Text Processing

Tutorial on Lemmatization using NLTK

Lemmatization is one of the foundational steps in Natural Language Processing (NLP). It involves converting a word into its base or root form, which enables you to simplify text analysis. The Natural Language Toolkit (NLTK) offers a straightforward way to perform lemmatization. In this tutorial, you’ll learn how to use lemmatization using NLTK

Table of Contents

Prerequisites

  • Python installed on your system
  • Basic Python programming knowledge
  • Familiarity with NLP concepts is beneficial but not essential

What is Lemmatization?

Lemmatization is the process of converting a word into its most basic form or root word. For example, the lemma of “running” is “run”, and the lemma of “geese” is “goose”.

Installing NLTK

If you haven’t installed NLTK yet, you can do so using pip: Installing NLTK on Windows, Mac and Linux

Performing Lemmatization

To perform lemmatization in NLTK, you’ll need to import the WordNetLemmatizer class from the nltk.stem module.

Python
from nltk.stem import WordNetLemmatizer

Basic Example

Here’s a simple example to get you started:

Python
from nltk.stem import WordNetLemmatizer

lemmatizer = WordNetLemmatizer()

print(lemmatizer.lemmatize("running"))  # Output: 'running'
print(lemmatizer.lemmatize("geese"))  # Output: 'goose'

Lemmatization with POS tags

Part-of-Speech (POS) tags can also be used to improve lemmatization.

Python
print(lemmatizer.lemmatize("running", pos="v"))  # Output: 'run'

Examples

Python
# Without POS tag
print(lemmatizer.lemmatize("increases"))  # Output: 'increase'

# With POS tag
print(lemmatizer.lemmatize("increases", pos="v"))  # Output: 'increase'

FAQs

Q. Is lemmatization better than stemming?
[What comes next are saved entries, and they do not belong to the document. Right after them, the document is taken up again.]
//! A place among the good rows of a profile.

ghost use Rattle.std.specs.Prelude.{◌≡◌, ◌≢◌, None, Some, IfOk, IfSome, IfNone, length, true, false};
ghost use Rattle.helix_profile.specs.Good.{HasShape, IsGood};
ghost use Rattle.helix_rows.specs.Parts.{IsNextPlace, IsNextRow};
ghost use Rattle.helix_writing.specs.GoodRows.{NoneAbove};

use helix_base::{Memory, Quiet, Steps};
use helix_profile::Profile;
use helix_values::RowBuf;
use helix_walk::Walk;
use std::alloc::Global;
use std::marker::Model;

/// The good rows of a profile, in ascending order, one at a time. Contracts see the profile and the place: nothing at
/// first, and then a row, above which the next one is looked for.
#[derive(Drop)]
pub struct GoodRows {
    profile: Profile,
    walk: Walk,
    steps: Steps<Quiet>,
}

impl Model for GoodRows {
    ghost use Rattle.helix_writing.specs.GoodRows.{Place, place_code};
    ghost use Rattle.helix_writing.specs.Inner.Walks.{IsWalkOf};

    ghost Value = { Place };

    ghost coded = { place_code };

    ghost view = { λ rows. record { profile = rows.profile; row = rows.walk.place } };

    ghost invariant = { λ rows. IsWalkOf rows.profile rows.walk };
}

impl GoodRows {
    /// The good rows of a profile, before the first one.
    pub fn open(alloc: Global, profile: Profile) -> Result<GoodRows, Memory>
        ensures { IfOk result (λ rows. rows ≡ record { profile = profile; row = None }) }
    {
        let walk = Walk::open(alloc, &profile)?;
        Ok(GoodRows {
            profile,
            walk,
            steps: Steps::new(Quiet),
        })
    }

    /// The profile.
    pub fn profile(&self) -> &Profile
        ensures { result.now ≡ self.now.profile }
    {
        &self.profile
    }

    /// Makes the next good row the place, and answers how many first cells it has in common with the place before, 0
    /// where that was nothing. Answers `None` where no good row is above the place, and leaves the place. It takes no
    /// memory.
    pub fn step(&mut self) -> Option<usize>
        ensures next { IfSome result (IsNextPlace (IsGood self.old.profile) self.old.row self.new.row) }
        ensures end { IfNone result (self.new.row ≡ self.old.row) }
        ensures none { IfNone result (NoneAbove self.old.profile self.old.row) }
        ensures profile { self.new.profile ≡ self.old.profile }
    {
        self.walk.step(&mut self.steps)
    }

    /// Makes the next good row the place and copies it. Where there is none, both are unchanged. It takes no memory.
    pub fn advance(&mut self, out: &mut RowBuf) -> bool
        requires { length out.old ≡ length self.old.profile.fields }
        ensures place { result ≡ true → self.new.row ≡ Some out.new }
        ensures next { result ≡ true → IsNextRow (IsGood self.old.profile) self.old.row out.new }
        ensures end { result ≡ false → self.new.row ≡ self.old.row }
        ensures unchanged { result ≡ false → out.new ≡ out.old }
        ensures none { result ≡ false → NoneAbove self.old.profile self.old.row }
        ensures length { length out.new ≡ length out.old }
        ensures profile { self.new.profile ≡ self.old.profile }
    {
        self.walk.advance(out, &mut self.steps)
    }

    /// Makes any row of the right shape the place, whether it is good or not. It takes no memory.
    pub fn seek_after(&mut self, row: &RowBuf)
        requires { HasShape self.old.profile.fields row.now }
        ensures { self.new ≡ record { profile = self.old.profile; row = Some row.now } }
    {
        self.walk.seek_after(row);
    }

    /// The row of the place.
    pub fn row(&self) -> &RowBuf
        requires { self.now.row ≢ None }
        ensures { self.now.row ≡ Some result.now }
    {
        self.walk.row()
    }
}
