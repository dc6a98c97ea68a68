//! A disk: files that are read and written in pieces.

ghost use Rattle.std.specs.Prelude.{IsSome};
ghost use Rattle.helix_outside.specs.Disk.{DiskState, BeginsRead, ReadsSome, BeginsWrite, WritesSome, Finishes};

use std::error::Error;
use std::fmt;

/// A call of a disk or a console failed. Which part of the count of faults rose says where.
#[derive(Clone, Copy, Debug, PartialEq, Eq, Hash)]
pub struct Failed;

impl fmt::Display for Failed {
    fn fmt<W: fmt::Write>(&self, f: &mut fmt::Formatter<W>) -> fmt::Result {
        write!(f, "the disk or the console failed")
    }
}

impl Error for Failed {}

/// Files that are read and written in pieces. At most one input and one output are open.
///
/// A disk may tell what its files hold, or not; its count of faults has a part for reading and one for
/// writing.
pub trait Disk {
    /// What is known of the disk.
    ghost state: { Self → DiskState };

    /// Opens a file at its first byte, and closes an earlier input.
    fn begin_read(&mut self, name: &str) -> Result<(), Failed>
        ensures { BeginsRead (state self.old) name.now result (state self.new) };

    /// Fills a prefix of `buffer` with the next bytes of the open input, and answers their number:
    /// 0 where the input is at its end.
    fn read(&mut self, buffer: &mut [u8]) -> Result<usize, Failed>
        requires { IsSome (state self.old).input }
        ensures { ReadsSome (state self.old) buffer.new result (state self.new) };

    /// Makes a file empty and opens it, and closes an earlier input and an earlier output. Without `replace`
    /// a file that is there is left as it is.
    fn begin_write(&mut self, name: &str, replace: bool) -> Result<(), Failed>
        ensures { BeginsWrite (state self.old) name.now replace result (state self.new) };

    /// Appends a prefix of `bytes` to the open output, and answers its length.
    fn write(&mut self, bytes: &[u8]) -> Result<usize, Failed>
        requires { IsSome (state self.old).output }
        ensures { WritesSome (state self.old) bytes.now result (state self.new) };

    /// Closes the open output.
    fn finish(&mut self) -> Result<(), Failed>
        requires { IsSome (state self.old).output }
        ensures { Finishes (state self.old) result (state self.new) };
}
A. Both methods have their own use-cases. Lemmatization is more accurate but computationally more intensive. Stemming is faster but less precise.
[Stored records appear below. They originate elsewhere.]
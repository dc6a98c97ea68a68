//! A list of call numbers.

use helix_base::List;

/// Numbers of calls, from 1.
pub type Calls = List<u64>;
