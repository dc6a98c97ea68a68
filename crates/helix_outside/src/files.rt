//! Files in memory.

ghost use Rattle.std.specs.Prelude.{◌≡◌, OnOk, OnErr, option_copied};
ghost use Rattle.std.specs.FinMap.{empty, get, insert};
ghost use Rattle.helix_outside.specs.Entries.{files_of};
ghost use Rattle.helix_outside.specs.Files.{appended};

use crate::entries;
use crate::entries::Entry;
use helix_base::Memory;
use std::alloc::Global;
use std::marker::Model;

/// Files in memory, that contracts see as a finite map from names to bytes. A name is the UTF-8 of its text.
#[derive(Debug, Drop)]
pub struct Files {
    entries: Vec<Entry>,
}

impl Model for Files {
    ghost use Rattle.std.specs.FinMap as map;
    ghost use Rattle.std.specs.Coded.{coded_list, coded_ℕ};
    ghost use Rattle.helix_outside.specs.Files.{FileMap};

    ghost Value = { FileMap };

    ghost coded = { map.code (coded_list coded_ℕ) (coded_list coded_ℕ) };

    ghost use Rattle.helix_outside.specs.Entries.{files_of};

    ghost view = { λ files. files_of files.entries.items };
}

impl Files {
    /// No files yet.
    pub fn new(alloc: Global) -> Files
        ensures { result ≡ empty }
    {
        Files {
            entries: Vec::new(alloc),
        }
    }

    /// Sets the bytes of one name.
    pub fn put(&mut self, name: &str, bytes: &[u8]) -> Result<(), Memory>
        ensures ok { OnOk result (self.new ≡ insert self.old name.now bytes.now) }
        ensures err { OnErr result (self.new ≡ self.old) }
    {
        self.set(name.as_bytes(), bytes)
    }

    /// Sets the bytes of one name, given as its UTF-8.
    pub(crate) fn set(&mut self, name: &[u8], bytes: &[u8]) -> Result<(), Memory>
        ensures ok { OnOk result (self.new ≡ insert self.old name.now bytes.now) }
        ensures err { OnErr result (self.new ≡ self.old) }
    {
        let bytes = Vec::from_slice(*self.entries.allocator(), bytes)?;
        entries::set(&mut self.entries, name, bytes)
    }

    /// What the file of this name holds, or `None` where there is none.
    pub(crate) fn get(&self, name: &[u8]) -> Option<&[u8]>
        ensures { option_copied result ≡ get self.now name.now }
    {
        entries::bytes_of(self.entries.as_slice(), name)
    }

    /// Appends bytes to those of one name.
    pub(crate) fn append(&mut self, name: &[u8], bytes: &[u8]) -> Result<(), Memory>
        ensures ok { OnOk result (self.new ≡ appended self.old name.now bytes.now) }
        ensures err { OnErr result (self.new ≡ self.old) }
    {
        entries::append(&mut self.entries, name, bytes)
    }

    /// The entries, of which the first one with a name counts.
    pub(crate) fn into_entries(self) -> Vec<Entry>
        ensures { files_of result.items ≡ self }
    {
        self.entries
    }

    /// The allocator of the files.
    pub(crate) fn allocator(&self) -> Global {
        *self.entries.allocator()
    }
}
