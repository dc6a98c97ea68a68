//! The environment of a run: a disk and a console, as two traits, with implementations for tests.
//!
//! ```text
//! let mut disk = MemoryDisk::open(files, Calls::new(alloc));
//! disk.begin_write("o.csv", false)?;          // a file that is there is left as it is: an error
//! let taken = disk.write(b"1,2")?;            // appends a prefix, at least one byte, and answers its length
//! disk.finish()?;
//! disk.file("o.csv")                          // Some(b"1,2"[..taken])
//! ```
//!
//! What is promised of each call of a [`Disk`] and a [`Console`] is one record: what it does, what a failure leaves,
//! and that a failure is counted, once (`specs/Disk.antt`, `specs/Console.antt`, `specs/Count.antt`). A disk may tell
//! what its files hold, or not; files are a map from names to bytes (`specs/Files.antt`).
//!
//! - [`MemoryDisk`] and [`MemoryConsole`] tell everything. A call whose number they are given fails and changes
//!   nothing.
//! - [`SteadyDisk`] and [`SteadyConsole`] never fail, and keep nothing of what is written.
//!
//! What a call costs is no clause: [`Files`] are a list, so looking a name up takes time in proportion to their number.
#![tactic(auto)]

mod calls;
mod console;
mod counting;
mod disk;
mod entries;
mod files;
mod input;
mod memory_console;
mod memory_disk;
mod steady_console;
mod steady_disk;

pub use calls::Calls;
pub use console::Console;
pub use disk::{Disk, Failed};
pub use files::Files;
pub use memory_console::MemoryConsole;
pub use memory_disk::MemoryDisk;
pub use steady_console::SteadyConsole;
pub use steady_disk::SteadyDisk;

#[cfg(test)]
mod tests;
Q. Can I use lemmatization for languages other than English?

A. NLTK primarily focuses on English. However, there are tools and libraries for lemmatization in other languages as well.

Q. Do I always need to provide POS tags for lemmatization?

A. No, but providing POS tags can improve the accuracy of the lemmatization process.

Q. What are POS tags?

A. POS tags are labels that indicate the part-of-speech (such as noun, verb, adjective) of each word in a text.

Q. How do I find out the POS tag of a word?

A. You can use NLTK’s pos_tag function to tag a sentence with part-of-speech labels.